Sunday, February 14, 2010

No Smoke and Mirrors



Basic camo

We’d been doing some errands, so a run through the Cuyahoga Valley National Park was decidedly in order. The sun made just enough of a showing to temp us to get into the woods. My brother from D.C. was visiting. Well, not exactly visiting. He was trying to get home after his month-long overseas’ vacation. A succession of weather-related airport closures over the 9,000 mile duration of his trip had plunged him, head first, into a snow drift in Detroit. I rescued him from the Notel Motel in Detroit and we turned the whole sordid mess into a cheery family visit.
The fun of having a non-birder in the car is that birders get to show off their mystical skills, calling out this and that species, based on the slimmest visual evidence. We were zipping along a snow-covered road, under the skillful driving of my wife—all three of us talking at the same time—when I spotted an Eastern Screech-owl. Since Susan and I have the well-trained responses of experienced birders, when I said, “Whoa! Owl!” she was on the brakes like a chicken after a June bug.
My brother, less adapted to this kind of emergency, was mumbling something like, “what, what, what?” And the guy in the white pickup truck behind us was saying something less complimentary, I think.

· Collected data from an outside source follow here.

//! The device's state as the object of a turn, with the states and the entries of its history, and the operations on it.
ghost use Rattle.psu_bench.specs.Calls.{AllowsOn};

use psu_disk::Disk;
use psu_exec::Exec;
use psu_turn::Machine;
use std::alloc::Allocator;
use std::marker::Model;

/// The state of the device between two calls. No value of this type is made; only contracts refer to it.
pub struct DeviceState {
    unmade: (),
}

impl Model for DeviceState {
    ghost use Rattle.psu_nv.specs.Contents.{fresh};
    ghost use Rattle.psu_exec.specs.Device.{State, power_on};

    ghost Value = { State };

    ghost view = { λ _. power_on 0 fresh };
}

/// A call of the device with its reply. No value of this type is made; only contracts refer to it.
pub struct Call {
    unmade: (),
}

impl Model for Call {
    ghost use Rattle.psu_exec.specs.Calls.{Entry};
    ghost use Rattle.psu_exec.specs.Calls.Entry.{Cleared};

    ghost Value = { Entry };

    ghost view = { λ _. Cleared 0 };
}

/// The device's state with its store.
#[derive(Drop)]
pub(crate) struct BoxedDevice<D: Disk, A: Allocator + Copy> {
    // Several kilobytes, which would otherwise be moved twice in each turn.
    pub exec: Box<Exec<D, A>, A>,
}

impl<D: Disk, A: Allocator + Copy> Machine for BoxedDevice<D, A> {
    type State = DeviceState;

    type Entry = Call;

    ghost state = { λ g. g.exec.value.device };

    ghost allows = { AllowsOn D.honest };
}

/// An operation of the device. It is known only by the entry that it adds to the history with its reply. The trait has
/// no name outside of this crate, so that no other crate adds an operation.
pub trait Operation<D: Disk, A: Allocator + Copy> {
    ghost use Rattle.psu_exec.specs.Calls.{Entry};

    /// The reply of the device.
    type Reply;

    /// The call that the operation is, with this reply.
    ghost entry: { Self → Self.Reply → Entry };

    /// Performs the operation.
    fn perform(self, exec: &mut Exec<D, A>) -> Self::Reply
        ensures { AllowsOn D.honest exec.old.device (entry self result) exec.new.device };
}

/// An operation that causes nothing for other threads, whatever the state of the device: no session has a new service
/// request, and there is nothing new to flush. A thread performs it by `Caller::call`, and each other operation by a method
/// that returns what it has caused; a session that opens finds its own service request once its connections are joined.
pub trait QuietOperation<D: Disk, A: Allocator + Copy>: Operation<D, A> {
    ghost use Rattle.std.specs.Prelude.{◌≡◌, true};
    ghost use Rattle.psu_exec.specs.Quiet.{is_quiet};

    /// Its entry is one that causes nothing, whatever the reply.
    ghost quiet: { (operation : Self) (reply : Self.Reply) → is_quiet (Self.Operation.entry operation reply) ≡ true };
}
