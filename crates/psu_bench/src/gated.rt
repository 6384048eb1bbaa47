//! A disk with a gate before each write.
use crate::{Gate, Point};
use psu_disk::{Disk, DiskFault};
use std::sync::Arc;

/// A disk that calls a gate before each write, and otherwise passes each call to the disk below it.
#[derive(Drop)]
pub struct Gated<D: Disk, G: Gate> {
    inner: D,
    gate: G,
}

impl<D: Disk, G: Gate + Drop> Gated<D, G> {
    ghost use Rattle.std.specs.Prelude.{◌≡◌};

    /// Puts a gate before the writes of a disk.
    pub fn new(inner: D, gate: G) -> Gated<D, G>
        ensures inner { result.inner ≡ inner }
    {
        Gated { inner, gate }
    }

    /// The disk below it.
    pub fn into_inner(self) -> D
        ensures { result ≡ self.inner }
    {
        let Gated { inner, gate: _ } = self;
        inner
    }
}

impl<D: Disk, G: Gate> Disk for Gated<D, G> {
    ghost honest = { D.honest };

    ghost records = { D.records };

    ghost extent = { λ g. D.extent g.inner };

    ghost state = { λ g. D.state g.inner };

    ghost moment = { λ g. D.moment g.inner };

    ghost left_since = { λ g. D.left_since g.inner };

    ghost failures = { λ g. D.failures g.inner };

    ghost confirmed = { λ g. D.confirmed g.inner };

    ghost sized = { λ h g. D.sized h g.inner };

    ghost counts_now = { λ h g. D.counts_now h g.inner };

    ghost only_now = { λ h g. D.only_now h g.inner };

    fn size(&self) -> u64 {
        self.inner.size()
    }

    fn faults(&self) -> u64 {
        self.inner.faults()
    }

    fn read(&mut self, at: u64, into: &mut [u8]) -> Result<(), DiskFault> {
        self.inner.read(at, into)
    }

    fn write(&mut self, at: u64, bytes: &[u8]) -> Result<(), DiskFault> {
        self.gate.at(Point::BeforeWrite);
        self.inner.write(at, bytes)
    }

    fn sync(&mut self) -> Result<(), DiskFault> {
        self.inner.sync()
    }

    fn confirm(&mut self) -> Result<(), DiskFault> {
        self.inner.confirm()
    }
}

/// The disk of a served device, with the gate that its threads call.
pub trait ServedDisk: Disk + Drop {
    /// The gate.
    type Gate: Gate + Drop;
}

/// The disk of the server, with a gate before each write.
pub type Served<D, G> = Gated<D, Arc<G>>;

impl<D: Disk + Drop, G: Gate + Drop> ServedDisk for Gated<D, Arc<G>> {
    type Gate = G;
}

By the time Susan could shake the guy off our back bumper and get the car turned around on the narrow road, we had camera gear sticking out the windows like cowboys riding shotgun on a stagecoach.

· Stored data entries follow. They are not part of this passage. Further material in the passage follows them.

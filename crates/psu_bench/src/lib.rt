//! The device shared by threads, which call it in turns, and the one legal history of their calls; and the device as the
//! callers of a server see it: its power-on, how a thread calls it, and what these calls cause for other threads, which
//! can't be forgotten.
#![tactic(auto)]

mod bench;
mod caller;
mod caused;
mod condition_lines;
mod flushing;
mod gate;
mod gated;
mod machine;
mod opened_session;
pub mod operations;
mod others;
mod reopenings;
mod starting;
mod working;

pub use bench::{Bench, Seat};
pub use caller::{Access, Caller};
pub use caused::{Caused, CausedByJob, Granted};
pub use condition_lines::{ConditionLine, ConditionLines, ReportedCondition};
pub use flushing::{JobEnding, flusher};
pub use gate::{Gate, Open, Point};
pub use gated::{Gated, Served, ServedDisk};
pub use machine::{Call, DeviceState};
pub use opened_session::OpenedSession;
pub use others::{LockedRegistry, Others};
pub use reopenings::Reopenings;
pub use starting::power_on;
pub use working::session_worker;
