//! The thread of a session.
ghost use Rattle.std.specs.Prelude.{◌≡◌, ◌<◌};
ghost use Rattle.psu_turn.specs.Seats.{IsOf};
ghost use Rattle.psu_exec.specs.Shown.{outcome_of};
ghost use Rattle.psu_bench.specs.Tries.{MakesTries, is_put_off};

use crate::operations::{Try, TryUnit};
use crate::{Bench, Gate, Point, Seat};
use psu_disk::Disk;
use psu_exec::{Outcome, Request, Session};
use std::alloc::Allocator;
use std::sync::Wait;

/// Executes a unit of a session in at most `tries` tries: after Parked it is settled, after Held or Later it is
/// executed again. Returns the last outcome, after the gate was called. With one try it returns at once. It
/// is for a program without the server, whose own workers are in psu_threads.
pub fn session_worker<D: Disk, A: Allocator + Copy, R: Wait, G: Gate>(
    rt: &R,
    bench: &Bench<D, A>,
    seat: &mut Seat,
    session: Session,
    request: &Request<'_>,
    tries: u64,
    gate: &G,
) -> Outcome<A>
    requires own { IsOf bench.now seat.old }
    requires some { 0 < tries }
    ensures calls { MakesTries D.honest session tries request.now seat.old (outcome_of result) seat.new }
    ensures own { IsOf bench.now seat.new }
{
    let mut outcome = bench.call(rt, seat, TryUnit(session, Try::Execute(request)));
    let mut left = tries - 1;
    while left > 0 && is_put_off(&outcome) {
        let how = match outcome {
            Outcome::Parked => Try::Settle,
            _ => Try::Execute(request),
        };
        outcome = bench.call(rt, seat, TryUnit(session, how));
        left -= 1;
    }
    gate.at(Point::AfterAnswer);
    outcome
}

// Whether a unit is to be tried again.
fn is_put_off<A: Allocator + Copy>(outcome: &Outcome<A>) -> bool
    ensures { result ≡ is_put_off (outcome_of outcome.now) }
{
    matches!(outcome, Outcome::Parked | Outcome::Held | Outcome::Later)
}
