//! Gates, by which a thread can be blocked from outside.
use std::sync::Arc;

/// A point that a thread of the bench has reached.
#[derive(Clone, Copy, Debug, PartialEq, Eq)]
pub enum Point {
    /// The flusher has a job, and has not begun to run it.
    BeforeRun,
    /// A page is about to be written.
    BeforeWrite,
    /// A session's unit has its outcome.
    AfterAnswer,
}

/// Called at each point before the thread continues. It waits for no other thread: a gate that blocks a thread checks
/// a bounded number of times.
pub trait Gate {
    fn at(&self, point: Point);
}

/// A gate that blocks no thread.
#[derive(Clone, Copy, Debug, PartialEq, Eq)]
pub struct Open;

impl Gate for Open {
    fn at(&self, _point: Point) {}
}

impl<G: Gate> Gate for &G {
    fn at(&self, point: Point) {
        (**self).at(point);
    }
}

impl<G: Gate> Gate for Arc<G> {
    fn at(&self, point: Point) {
        (**self).at(point);
    }
}
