//! What a call causes for other threads. These types have no `Drop`: there is no way to end one but to report it, or to
//! pass it on.
ghost use Rattle.std.specs.Prelude.{◌≡◌};
ghost use Rattle.psu_bench.specs.Reports.{Reports, reports_of, reports_of_job, service_reports};

use crate::{JobEnding, LockedRegistry, Others};
use psu_exec::{CannotDrop, Grant, Notifications, Sessions};

/// What a call of the device has caused for other threads: sessions request service, or the flusher has something to do.
pub struct Caused {
    pub(crate) requesting: Sessions,
    pub(crate) wakes_flusher: bool,
    pub(crate) duty: CannotDrop,
}

impl Caused {
    // Returns what the notifications of the device say.
    pub(crate) fn of(notifications: Notifications) -> Caused
        ensures requesting { result.requesting ≡ notifications.requesting }
        ensures flusher { result.wakes_flusher ≡ notifications.has_work }
    {
        Caused {
            requesting: notifications.requesting,
            wakes_flusher: notifications.has_work,
            duty: CannotDrop::begin(),
        }
    }

    /// Reports it to the other threads: each part of it once, and nothing else.
    #[inline(always)]
    pub fn report<O: Others>(self, others: &mut O)
        ensures { Reports O.tells others.old (reports_of self) others.new }
    {
        let Caused {
            requesting,
            wakes_flusher,
            duty,
        } = self;
        duty.end();
        report_service(others, &requesting);
        if wakes_flusher {
            others.wake_flusher();
        }
    }
}

/// How a job ended, and what that has caused for threads other than the flusher: waits are over, and sessions request
/// service. It says too whether there was then more to flush.
pub struct CausedByJob {
    pub(crate) ending: JobEnding,
    pub(crate) over: Sessions,
    pub(crate) requesting: Sessions,
    pub(crate) has_work: bool,
    pub(crate) duty: CannotDrop,
}

impl CausedByJob {
    /// How the job ended.
    pub fn ending(&self) -> JobEnding
        ensures { result ≡ self.now.ending }
    {
        self.ending
    }

    /// Whether there was more to flush once it had ended.
    pub fn has_work(&self) -> bool
        ensures { result ≡ self.now.has_work }
    {
        self.has_work
    }

    /// Reports it to the other threads: each part of it once, and nothing else.
    pub fn report<O: Others>(self, others: &mut O)
        ensures { Reports O.tells others.old (reports_of_job self) others.new }
    {
        let CausedByJob {
            ending: _,
            over,
            requesting,
            has_work: _,
            duty,
        } = self;
        duty.end();
        others.job_ended(&over);
        report_service(others, &requesting);
    }
}

/// The sessions whose lock requests a call of the device has granted, or failed.
pub struct Granted {
    sessions: Sessions,
    grant: Grant,
    duty: CannotDrop,
}

impl Granted {
    // Returns the result of the lock requests of sessions.
    pub(crate) fn new(sessions: Sessions, grant: Grant) -> Granted
        ensures sessions { result.sessions ≡ sessions }
        ensures grant { result.grant ≡ grant }
    {
        Granted {
            sessions,
            grant,
            duty: CannotDrop::begin(),
        }
    }

    /// Passes the result on to the sessions, once.
    pub fn pass_on<R: LockedRegistry>(self, registry: &mut R)
        ensures { R.passes registry.old (record { sessions = self.sessions; grant = self.grant }) registry.new }
    {
        let Granted {
            sessions,
            grant,
            duty,
        } = self;
        duty.end();
        registry.pass_on(&sessions, grant);
    }
}

// Reports that sessions request service, if there are any.
#[inline(always)]
fn report_service<O: Others>(others: &mut O, requesting: &Sessions)
    ensures { Reports O.tells others.old (service_reports requesting.now) others.new }
{
    if !requesting.is_empty() {
        others.service_requested(requesting);
    }
}
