//! The shared state, which threads call in turns.
ghost use Rattle.std.specs.Prelude.{◌≡◌, IfOk, IfErr, length};
ghost use Rattle.psu_turn.specs.Seats.{Begins, IsOf, SeatCalls, Sees, Splits, Joins, Closes};
ghost use Rattle.psu_bench.specs.Calls.{AllowsOn};

use crate::machine::{BoxedDevice, Operation};
use crate::{Call, DeviceState};
use psu_disk::Disk;
use psu_exec::Exec;
use psu_turn::{NoMemory, Turn};
use std::alloc::Allocator;
use std::marker::{Brand, Model};
use std::snapshot::Snapshot;
use std::sync::{Mutex, Wait};

/// The handle that a thread needs for its calls of a bench.
pub type Seat = psu_turn::Seat<DeviceState, Call>;

/// The device's state, shared by threads that call it in turns. Contracts see which bench it is.
///
/// Before its turn a thread takes a mutex, at which threads wait asleep: many threads that waited for the turn itself
/// would take the processor from each other. No other lock is taken while a thread holds it.
#[derive(Drop)]
pub struct Bench<D: Disk, A: Allocator + Copy> {
    turn: Turn<BoxedDevice<D, A>, A>,
    pub(crate) mutex: Mutex<()>,
}

impl<D: Disk, A: Allocator + Copy> Model for Bench<D, A> {
    ghost use Rattle.psu_turn.specs.Turns.{TurnId, turn_id_coded};

    ghost Value = { TurnId };

    ghost coded = { turn_id_coded };

    ghost view = { λ b. b.turn };
}

impl<D: Disk, A: Allocator + Copy> Bench<D, A> {
    /// Creates a bench with its first seat. If an allocation fails, the state is returned unchanged.
    pub fn new(alloc: A, exec: Exec<D, A>) -> Result<(Bench<D, A>, Seat), NoMemory<Exec<D, A>>>
        ensures seat { IfOk result (λ made. Begins made.0 exec.device made.1) }
        ensures back { IfErr result (λ refused. refused.object ≡ exec) }
    {
        let exec = match Box::new(alloc, exec) {
            Ok(exec) => exec,
            Err(refused) => return Err(NoMemory {
                object: refused.value,
            }),
        };
        match Turn::new(alloc, BoxedDevice { exec }) {
            Ok((turn, seat)) => Ok((
                Bench {
                    turn,
                    mutex: Mutex::new(()),
                },
                seat,
            )),
            Err(
                NoMemory {
                    object: BoxedDevice { exec },
                },
            ) => Err(NoMemory {
                object: Box::into_inner(exec),
            }),
        }
    }

    /// Performs an operation, in a turn.
    pub fn call<R: Wait, O: Operation<D, A>>(
        &self,
        rt: &R,
        seat: &mut Seat,
        operation: O,
    ) -> O::Reply
        requires own { IsOf self.now seat.old }
        ensures call { SeatCalls (AllowsOn D.honest) seat.old (O.entry operation result) seat.new }
        ensures own { IsOf self.now seat.new }
    {
        let _guard = self.mutex.lock(rt);
        self.in_turn(rt, seat, operation)
    }

    // Performs an operation, in a turn, for a thread that has the mutex. Each call of the device is made here.
    pub(crate) fn in_turn<R: Wait, O: Operation<D, A>>(
        &self,
        rt: &R,
        seat: &mut Seat,
        operation: O,
    ) -> O::Reply
        requires own { IsOf self.now seat.old }
        ensures call { SeatCalls (AllowsOn D.honest) seat.old (O.entry operation result) seat.new }
        ensures own { IsOf self.now seat.new }
    {
        let call = Snapshot::of(&operation);
        let mut taken = self.turn.enter(rt, seat);
        let reply = operation.perform(&mut taken.object.exec);
        self.turn.leave::<Brand, _, _>(seat, taken, &call, &reply);
        reply
    }

    /// Returns the number of calls so far. It waits for no other thread. It is for a program that watches others call.
    pub fn progress(&self, seat: &mut Seat) -> u64
        requires own { IsOf self.now seat.old }
        ensures look { Sees (AllowsOn D.honest) seat.old seat.new }
        ensures length { result ≡ length seat.new.seen }
        ensures own { IsOf self.now seat.new }
    {
        self.turn.progress(seat)
    }

    /// Creates a seat for another thread. It waits for no other thread.
    pub fn split(&self, seat: &mut Seat) -> Seat
        requires own { IsOf self.now seat.old }
        ensures same { seat.new ≡ seat.old }
        ensures split { Splits seat.old result }
        ensures own { IsOf self.now result }
    {
        self.turn.split(seat)
    }

    /// Consumes another seat; this seat has then seen its calls. It waits for no other thread. It is for a program that
    /// joins its threads, as the server never does.
    pub fn join(&self, seat: &mut Seat, other: Seat)
        requires own { IsOf self.now seat.old × IsOf self.now other }
        ensures join { Joins (AllowsOn D.honest) seat.old other seat.new }
        ensures own { IsOf self.now seat.new }
    {
        self.turn.join(seat, other);
    }

    /// Waits for the last turn, and returns the state. It is for a program that joins its threads, as the server never
    /// does.
    pub fn close<R: Wait>(self, rt: &R, seat: Seat) -> Exec<D, A>
        requires own { IsOf self seat }
        ensures close { Closes (AllowsOn D.honest) seat result.device }
    {
        let Bench { turn, mutex: _ } = self;
        let BoxedDevice { exec } = turn.close(rt, seat);
        Box::into_inner(exec)
    }
}
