//! The other threads, as a thread that calls the device reports to them.
ghost use Rattle.psu_bench.specs.Reports.{Report, ServiceRequested, FlusherWoken, JobEnded};

use psu_exec::{Grant, Sessions};

/// The other threads, as a thread that calls the device reports to them. They are known only by how a report
/// (`Report`) leads from one of their states to another.
pub trait Others {
    /// The registry of the open sessions, locked.
    type Registry: LockedRegistry + Drop;

    /// A report.
    ghost tells: { Self → Report → Self → Type 0 };

    /// Locks the registry. A call that gives lock requests of other sessions a result is made, and the results are
    /// passed on, while the registry is locked; so they are passed on before another lock is requested or released,
    /// and the sessions that the device names are those of the registry.
    fn lock_registry(&self) -> Self::Registry;

    /// Notifies sessions that they request service.
    fn service_requested(&mut self, sessions: &Sessions)
        ensures { tells self.old (ServiceRequested sessions.now) self.new };

    /// Wakes the flusher: a job can be taken, or a lock request waits, whose deadline it watches.
    fn wake_flusher(&mut self)
        ensures { tells self.old FlusherWoken self.new };

    /// Wakes the sessions whose waits are over, and those whose units wait for room, as the end of a job may have made
    /// some.
    fn job_ended(&mut self, over: &Sessions)
        ensures { tells self.old (JobEnded over.now) self.new };
}

/// The registry of the open sessions, locked. It is known only by how a result that is passed on (`Passed`) leads from
/// one of its states to another.
pub trait LockedRegistry {
    ghost use Rattle.psu_bench.specs.Reports.{Passed};

    /// A result is passed on.
    ghost passes: { Self → Passed → Self → Type 0 };

    /// Passes the result of their lock requests on to sessions. If it is `Granted`, locks have been released, and each
    /// session that waits for one is woken, even if there is no session to pass a result on to.
    fn pass_on(&mut self, sessions: &Sessions, grant: Grant)
        ensures { passes self.old (record { sessions = sessions.now; grant = grant }) self.new };
}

As we drew parallel to the tree, Susan and I oooed and aaaaed at the owl while my brother kept asking where? What owl? I told him to keep shooting, we’ll check the pictures later.
In the end, I’m not sure which was more satisfying, seeing the owl sitting in the open, or listening to my brother’s endless commentary about how birders can see things like that—or get in their cars and drive hundreds of miles to find a bird. I told him it’s magic.